Nevertheless, our brain will continue to search to give meaning through the emotions it perceives from a speaker. Emotional appeals such as urgency, inclusiveness, understanding, and authoritativeness all help us give meaning to what is being said. These emotional appeals are determined from not only the words or phrases that are said, but also, and more importantly, how they are said via the volume, rhythm, intonation, pitch, and speed of a speaker’s voice. In the web-presenter’s world, these elements of paralanguage are what we call Screen Voice.

So, what is the best Screen Voice to use? Well, it depends on who you are trying to persuade. Everyone has a dominant Screen Voice, and they will naturally adhere to arguments and styles that resonate with their dominant voice. If your audience has the same Screen Voice as you, you’ve got it made. However, this is rarely the case, and identifying other styles and adapting to them should be an integral part of your communication today.

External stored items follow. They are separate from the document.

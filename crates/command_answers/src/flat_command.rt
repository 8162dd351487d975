//! The command `flat FILE`: the network of a file as one model.
ghost use Rattle.std.specs.Prelude.{◌≡◌, ◌≤◌, IfOk, IsErrOf, length};
ghost use Rattle.blif_ast.specs.Printed.{printed};
ghost use Rattle.dom_io.specs.Held.{file_limit};
ghost use Rattle.network.specs.NetworkData.{NetworkData};
ghost use Rattle.net_flatten.specs.OneModel.{file_of};
ghost use Rattle.command_answers.specs.Networks.{HasNetwork};
ghost use Rattle.command_answers.specs.declared.answer.Ending.TheVariants.{Done};
ghost use Rattle.trace_tool.specs.CosimRefusals.{IsUnflattened};
ghost use Rattle.trace_tool.specs.declared.fault.TraceFault.{TraceFault as Fault};

use crate::answer::{Answer, Ending};
use net_flatten::print_network;
use std::alloc::Global;
use trace_tool::{TraceFault, network_of_text};

/// The network of these bytes, which are those of a file, as one model.
pub fn flat(alloc: Global, bytes: &[u8]) -> Result<Answer, TraceFault>
    requires within { length bytes.now ≤ file_limit }
    ensures text { IfOk result (λ answer. (network : NetworkData) × HasNetwork bytes.now network
        × (answer.text.items ≡ printed (file_of network)) × (answer.ending ≡ Done)) }
    ensures refused { (why : Fault) → IsErrOf result why → IsUnflattened bytes.now why }
{
    let network = network_of_text(alloc, bytes)?;
    let text = print_network(alloc, &network)?;
    let ending = Ending::Done;
    Ok(Answer { text, ending })
}
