//! What each command says of the bytes of its files: a text with how the command ends, or the fault for which there is none.
#![tactic(auto)]

mod answer;
mod audit_command;
mod bench_command;
mod cosim_command;
mod fault;
mod flat_command;
mod report_command;
mod run_command;
mod sim_command;
mod synth_command;

pub use answer::{Answer, Ending};
pub use audit_command::audit;
pub use bench_command::bench;
pub use cosim_command::cosim;
pub use fault::Fault;
pub use flat_command::flat;
pub use report_command::report;
pub use run_command::run;
pub use sim_command::sim;
pub use synth_command::synth;
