// From a state to its image.
#![tactic(auto)]

ghost use Rattle.std.specs.Prelude.{◌≡◌};
ghost use Rattle.base.specs.Decide.{pick};
ghost use Rattle.image.specs.Answers.{stored_number, right_length, stored_in, image_in};

use image::OtherLength;
use state::Tag;

mod parts;

// The image of a state over 684 lent bytes. Any other length is left as it is.
#[tactic(auto, unfolding(image::specs::Answers::stored_in, image::specs::Answers::image_in, image::specs::Answers::right_length))]
pub fn to_image(tag: Tag, s: &mut [u8]) -> Result<(), OtherLength>
    ensures answer { result ≡ stored_in s.old }
    ensures left { s.new ≡ image_in tag s.old }
    ensures number { stored_number result ≡ pick (right_length s.old) 0 1005 }
{
    if s.len() != 684 {
        return Err(OtherLength);
    }
    parts::lay_image(tag, s);
    Ok(())
}
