// Cipher block chaining over a lent buffer, in place (SP 800-38A, section 6.2).
#![tactic(auto)]

ghost use Rattle.std.specs.Prelude.{◌≡◌};
ghost use Rattle.cbc.specs.Cbc.{block_at, Chains, cbc_out, cbc_back};

use aes::{decrypt_with, encrypt_with, xor_block};

// The length is no whole number of blocks: the buffer is as it was.
#[derive(Clone, Copy, Debug, PartialEq, Eq)]
pub struct Ragged;

// The block that starts at an index; zeros where the slice ends before it does.
pub fn load(s: &[u8], at: usize) -> [u8; 16]
    ensures { result ≡ block_at s.now at }
{
    let mut r = [0; 16];
    if at <= s.len() && 16 <= s.len() - at {
        r.copy_from_slice(&s[at..at + 16]);
    }
    r
}

// Encrypts a buffer, from an initial vector. Says how many blocks it computed.
pub fn cbc_encrypt(w: &[[u8; 16]; 11], iv: [u8; 16], buf: &mut [u8]) -> Result<usize, Ragged>
    ensures { Chains (cbc_out w.now iv) buf.old result buf.new }
{
    if buf.len() % 16 != 0 {
        return Err(Ragged);
    }
    let t = sbox::mixing();
    let mut v = iv;
    let mut cost = 0;
    for i in 0..buf.len() / 16 {
        let p = load(buf, i * 16);
        let c = encrypt_with(&t, w, xor_block(p, v));
        base::put(&c.bytes, buf, i * 16);
        v = c.bytes;
        cost += c.cost;
    }
    Ok(cost)
}

// Decrypts a buffer, from an initial vector. Says how many blocks it computed.
pub fn cbc_decrypt(w: &[[u8; 16]; 11], iv: [u8; 16], buf: &mut [u8]) -> Result<usize, Ragged>
    ensures { Chains (cbc_back w.now iv) buf.old result buf.new }
{
    if buf.len() % 16 != 0 {
        return Err(Ragged);
    }
    let b = sbox::backward();
    let u = sbox::unmixing();
    let mut v = iv;
    let mut cost = 0;
    for i in 0..buf.len() / 16 {
        let c = load(buf, i * 16);
        let d = decrypt_with(&b, &u, w, c);
        let p = xor_block(d.bytes, v);
        base::put(&p, buf, i * 16);
        v = c;
        cost += d.cost;
    }
    Ok(cost)
}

The key to persuasion lies in your ability to vary your voice to emphasize your different intentions during the presentation or meeting on screen.
Your Entertaining Inclusive Yellow Voice can be used in the opening to be welcoming and to give a sense of dynamism and inclusion, your Expertise Knowledgeable Blue Voice will be used during your arguments to be credible and to generate confidence, use your Understanding Empathic Green Voice every now and then to show understanding and support and finally, some Pragmatic Urgent Red Voice to convey urgency, conviction and the need to act!

Successful web-presenters today will identify their predominant style, learn to develop the other styles and apply them when strategically necessary, and thus master the art of Screen Voice.